§ **Collected data**:
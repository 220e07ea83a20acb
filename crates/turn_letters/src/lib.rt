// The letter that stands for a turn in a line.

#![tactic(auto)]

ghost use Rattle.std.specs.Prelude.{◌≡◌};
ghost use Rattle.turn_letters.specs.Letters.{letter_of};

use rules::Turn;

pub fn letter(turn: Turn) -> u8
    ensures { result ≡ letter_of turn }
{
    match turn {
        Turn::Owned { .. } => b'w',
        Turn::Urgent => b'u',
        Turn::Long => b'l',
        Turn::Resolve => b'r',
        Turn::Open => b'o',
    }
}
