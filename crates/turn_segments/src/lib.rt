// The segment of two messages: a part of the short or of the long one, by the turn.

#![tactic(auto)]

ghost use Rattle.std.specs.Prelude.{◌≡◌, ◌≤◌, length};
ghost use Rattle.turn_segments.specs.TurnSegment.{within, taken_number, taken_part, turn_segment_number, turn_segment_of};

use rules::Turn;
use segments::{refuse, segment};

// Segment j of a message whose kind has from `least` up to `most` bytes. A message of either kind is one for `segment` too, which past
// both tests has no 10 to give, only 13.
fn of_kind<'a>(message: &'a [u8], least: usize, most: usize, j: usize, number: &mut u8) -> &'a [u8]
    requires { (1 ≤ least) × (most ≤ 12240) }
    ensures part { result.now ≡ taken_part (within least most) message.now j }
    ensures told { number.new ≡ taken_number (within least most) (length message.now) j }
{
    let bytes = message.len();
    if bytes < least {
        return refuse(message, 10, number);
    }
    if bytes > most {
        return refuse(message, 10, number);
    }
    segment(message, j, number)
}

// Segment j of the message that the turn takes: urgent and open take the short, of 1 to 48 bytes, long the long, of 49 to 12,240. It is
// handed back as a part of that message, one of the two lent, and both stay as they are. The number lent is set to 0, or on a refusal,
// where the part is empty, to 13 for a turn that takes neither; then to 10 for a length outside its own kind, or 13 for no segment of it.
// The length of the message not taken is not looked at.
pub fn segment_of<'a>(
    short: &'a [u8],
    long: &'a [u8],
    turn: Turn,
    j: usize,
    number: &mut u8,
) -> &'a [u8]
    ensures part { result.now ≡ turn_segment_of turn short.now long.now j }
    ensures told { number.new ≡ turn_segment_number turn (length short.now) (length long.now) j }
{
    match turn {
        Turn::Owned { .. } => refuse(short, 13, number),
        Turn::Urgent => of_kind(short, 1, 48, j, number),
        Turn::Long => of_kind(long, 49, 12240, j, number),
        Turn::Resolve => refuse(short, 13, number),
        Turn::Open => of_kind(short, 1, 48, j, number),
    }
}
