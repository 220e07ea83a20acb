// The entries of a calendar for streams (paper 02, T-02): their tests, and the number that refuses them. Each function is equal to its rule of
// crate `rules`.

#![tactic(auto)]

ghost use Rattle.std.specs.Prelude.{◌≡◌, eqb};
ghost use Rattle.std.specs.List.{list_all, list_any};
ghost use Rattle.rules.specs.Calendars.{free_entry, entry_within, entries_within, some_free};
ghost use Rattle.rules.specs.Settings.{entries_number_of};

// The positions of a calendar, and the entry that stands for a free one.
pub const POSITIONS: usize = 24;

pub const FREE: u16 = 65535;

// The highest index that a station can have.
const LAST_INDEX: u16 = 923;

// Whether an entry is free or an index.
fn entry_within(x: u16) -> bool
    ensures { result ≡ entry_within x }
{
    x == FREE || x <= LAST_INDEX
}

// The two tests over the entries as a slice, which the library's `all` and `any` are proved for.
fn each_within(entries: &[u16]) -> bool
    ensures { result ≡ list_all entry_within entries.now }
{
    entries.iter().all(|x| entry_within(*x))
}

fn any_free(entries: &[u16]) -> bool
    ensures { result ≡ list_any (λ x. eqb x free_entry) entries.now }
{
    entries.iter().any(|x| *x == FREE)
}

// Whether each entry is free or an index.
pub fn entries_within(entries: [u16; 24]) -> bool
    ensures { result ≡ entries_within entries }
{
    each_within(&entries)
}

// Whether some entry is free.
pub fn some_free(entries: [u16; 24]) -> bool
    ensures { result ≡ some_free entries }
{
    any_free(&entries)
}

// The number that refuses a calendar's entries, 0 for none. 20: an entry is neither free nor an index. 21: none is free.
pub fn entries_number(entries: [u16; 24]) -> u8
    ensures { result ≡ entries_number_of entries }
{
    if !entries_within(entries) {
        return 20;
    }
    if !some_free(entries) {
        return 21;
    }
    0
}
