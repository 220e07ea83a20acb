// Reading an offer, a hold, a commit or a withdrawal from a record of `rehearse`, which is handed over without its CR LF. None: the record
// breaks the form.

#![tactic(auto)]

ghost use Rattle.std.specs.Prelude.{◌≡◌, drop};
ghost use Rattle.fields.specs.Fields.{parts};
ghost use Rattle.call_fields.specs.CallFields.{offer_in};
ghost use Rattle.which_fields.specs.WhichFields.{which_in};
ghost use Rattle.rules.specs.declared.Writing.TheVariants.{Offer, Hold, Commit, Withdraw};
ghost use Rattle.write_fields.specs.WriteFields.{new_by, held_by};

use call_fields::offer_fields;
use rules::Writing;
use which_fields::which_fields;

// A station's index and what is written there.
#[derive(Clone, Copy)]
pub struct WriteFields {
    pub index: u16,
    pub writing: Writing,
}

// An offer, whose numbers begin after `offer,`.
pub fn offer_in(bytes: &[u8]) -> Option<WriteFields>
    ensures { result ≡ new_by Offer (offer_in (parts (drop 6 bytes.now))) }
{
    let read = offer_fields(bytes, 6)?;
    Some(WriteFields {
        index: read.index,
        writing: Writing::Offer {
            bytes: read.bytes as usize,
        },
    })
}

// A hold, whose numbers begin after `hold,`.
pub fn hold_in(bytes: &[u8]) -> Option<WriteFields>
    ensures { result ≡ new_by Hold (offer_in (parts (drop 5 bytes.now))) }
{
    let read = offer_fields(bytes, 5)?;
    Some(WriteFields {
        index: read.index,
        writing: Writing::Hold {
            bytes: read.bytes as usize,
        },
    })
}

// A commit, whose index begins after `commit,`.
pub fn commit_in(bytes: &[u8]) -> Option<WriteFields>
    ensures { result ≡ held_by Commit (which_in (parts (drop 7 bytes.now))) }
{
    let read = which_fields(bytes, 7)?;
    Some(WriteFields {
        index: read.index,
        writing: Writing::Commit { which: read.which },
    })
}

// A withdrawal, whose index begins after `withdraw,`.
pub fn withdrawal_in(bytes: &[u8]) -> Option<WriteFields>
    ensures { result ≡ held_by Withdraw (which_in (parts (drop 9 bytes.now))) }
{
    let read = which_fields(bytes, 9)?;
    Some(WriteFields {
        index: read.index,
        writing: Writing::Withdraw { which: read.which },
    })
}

§ **WHAT YOU NEED TO DO**:
Now that the records have been shown, restate each one word for word.

§ **PROBLEM SOLUTION**:
repository 220e07ea83a20acb
filename crates/turn_letters/src/lib.rt
// The letter that stands for a turn in a line.

#![tactic(auto)]

ghost use Rattle.std.specs.Prelude.{◌≡◌};
ghost use Rattle.turn_letters.specs.Letters.{letter_of};

use rules::Turn;

pub fn letter(turn: Turn) -> u8
    ensures { result ≡ letter_of turn }
{
    match turn {
        Turn::Owned { .. } => b'w',
        Turn::Urgent => b'u',
        Turn::Long => b'l',
        Turn::Resolve => b'r',
        Turn::Open => b'o',
    }
}
filename crates/turn_segments/src/lib.rt
// The segment of two messages: a part of the short or of the long one, by the turn.

#![tactic(auto)]

ghost use Rattle.std.specs.Prelude.{◌≡◌, ◌≤◌, length};
ghost use Rattle.turn_segments.specs.TurnSegment.{within, taken_number, taken_part, turn_segment_number, turn_segment_of};

use rules::Turn;
use segments::{refuse, segment};

// Segment j of a message whose kind has from `least` up to `most` bytes. A message of either kind is one for `segment` too, which past
// both tests has no 10 to give, only 13.
fn of_kind<'a>(message: &'a [u8], least: usize, most: usize, j: usize, number: &mut u8) -> &'a [u8]
    requires { (1 ≤ least) × (most ≤ 12240) }
    ensures part { result.now ≡ taken_part (within least most) message.now j }
    ensures told { number.new ≡ taken_number (within least most) (length message.now) j }
{
    let bytes = message.len();
    if bytes < least {
        return refuse(message, 10, number);
    }
    if bytes > most {
        return refuse(message, 10, number);
    }
    segment(message, j, number)
}

// Segment j of the message that the turn takes: urgent and open take the short, of 1 to 48 bytes, long the long, of 49 to 12,240. It is
// handed back as a part of that message, one of the two lent, and both stay as they are. The number lent is set to 0, or on a refusal,
// where the part is empty, to 13 for a turn that takes neither; then to 10 for a length outside its own kind, or 13 for no segment of it.
// The length of the message not taken is not looked at.
pub fn segment_of<'a>(
    short: &'a [u8],
    long: &'a [u8],
    turn: Turn,
    j: usize,
    number: &mut u8,
) -> &'a [u8]
    ensures part { result.now ≡ turn_segment_of turn short.now long.now j }
    ensures told { number.new ≡ turn_segment_number turn (length short.now) (length long.now) j }
{
    match turn {
        Turn::Owned { .. } => refuse(short, 13, number),
        Turn::Urgent => of_kind(short, 1, 48, j, number),
        Turn::Long => of_kind(long, 49, 12240, j, number),
        Turn::Resolve => refuse(short, 13, number),
        Turn::Open => of_kind(short, 1, 48, j, number),
    }
}
repository 220e07ea83a20acb
// The entries of a calendar for streams (paper 02, T-02): their tests, and the number that refuses them. Each function is equal to its rule of
// crate `rules`.

#![tactic(auto)]

ghost use Rattle.std.specs.Prelude.{◌≡◌, eqb};
ghost use Rattle.std.specs.List.{list_all, list_any};
ghost use Rattle.rules.specs.Calendars.{free_entry, entry_within, entries_within, some_free};
ghost use Rattle.rules.specs.Settings.{entries_number_of};

// The positions of a calendar, and the entry that stands for a free one.
pub const POSITIONS: usize = 24;

pub const FREE: u16 = 65535;

// The highest index that a station can have.
const LAST_INDEX: u16 = 923;

// Whether an entry is free or an index.
fn entry_within(x: u16) -> bool
    ensures { result ≡ entry_within x }
{
    x == FREE || x <= LAST_INDEX
}

// The two tests over the entries as a slice, which the library's `all` and `any` are proved for.
fn each_within(entries: &[u16]) -> bool
    ensures { result ≡ list_all entry_within entries.now }
{
    entries.iter().all(|x| entry_within(*x))
}

fn any_free(entries: &[u16]) -> bool
    ensures { result ≡ list_any (λ x. eqb x free_entry) entries.now }
{
    entries.iter().any(|x| *x == FREE)
}

// Whether each entry is free or an index.
pub fn entries_within(entries: [u16; 24]) -> bool
    ensures { result ≡ entries_within entries }
{
    each_within(&entries)
}

// Whether some entry is free.
pub fn some_free(entries: [u16; 24]) -> bool
    ensures { result ≡ some_free entries }
{
    any_free(&entries)
}

// The number that refuses a calendar's entries, 0 for none. 20: an entry is neither free nor an index. 21: none is free.
pub fn entries_number(entries: [u16; 24]) -> u8
    ensures { result ≡ entries_number_of entries }
{
    if !entries_within(entries) {
        return 20;
    }
    if !some_free(entries) {
        return 21;
    }
    0
}
repository 220e07ea83a20acb
// Reading an offer, a hold, a commit or a withdrawal from a record of `rehearse`, which is handed over without its CR LF. None: the record
// breaks the form.

#![tactic(auto)]

ghost use Rattle.std.specs.Prelude.{◌≡◌, drop};
ghost use Rattle.fields.specs.Fields.{parts};
ghost use Rattle.call_fields.specs.CallFields.{offer_in};
ghost use Rattle.which_fields.specs.WhichFields.{which_in};
ghost use Rattle.rules.specs.declared.Writing.TheVariants.{Offer, Hold, Commit, Withdraw};
ghost use Rattle.write_fields.specs.WriteFields.{new_by, held_by};

use call_fields::offer_fields;
use rules::Writing;
use which_fields::which_fields;

// A station's index and what is written there.
#[derive(Clone, Copy)]
pub struct WriteFields {
    pub index: u16,
    pub writing: Writing,
}

// An offer, whose numbers begin after `offer,`.
pub fn offer_in(bytes: &[u8]) -> Option<WriteFields>
    ensures { result ≡ new_by Offer (offer_in (parts (drop 6 bytes.now))) }
{
    let read = offer_fields(bytes, 6)?;
    Some(WriteFields {
        index: read.index,
        writing: Writing::Offer {
            bytes: read.bytes as usize,
        },
    })
}

// A hold, whose numbers begin after `hold,`.
pub fn hold_in(bytes: &[u8]) -> Option<WriteFields>
    ensures { result ≡ new_by Hold (offer_in (parts (drop 5 bytes.now))) }
{
    let read = offer_fields(bytes, 5)?;
    Some(WriteFields {
        index: read.index,
        writing: Writing::Hold {
            bytes: read.bytes as usize,
        },
    })
}

// A commit, whose index begins after `commit,`.
pub fn commit_in(bytes: &[u8]) -> Option<WriteFields>
    ensures { result ≡ held_by Commit (which_in (parts (drop 7 bytes.now))) }
{
    let read = which_fields(bytes, 7)?;
    Some(WriteFields {
        index: read.index,
        writing: Writing::Commit { which: read.which },
    })
}

// A withdrawal, whose index begins after `withdraw,`.
pub fn withdrawal_in(bytes: &[u8]) -> Option<WriteFields>
    ensures { result ≡ held_by Withdraw (which_in (parts (drop 9 bytes.now))) }
{
    let read = which_fields(bytes, 9)?;
    Some(WriteFields {
        index: read.index,
        writing: Writing::Withdraw { which: read.which },
    })
}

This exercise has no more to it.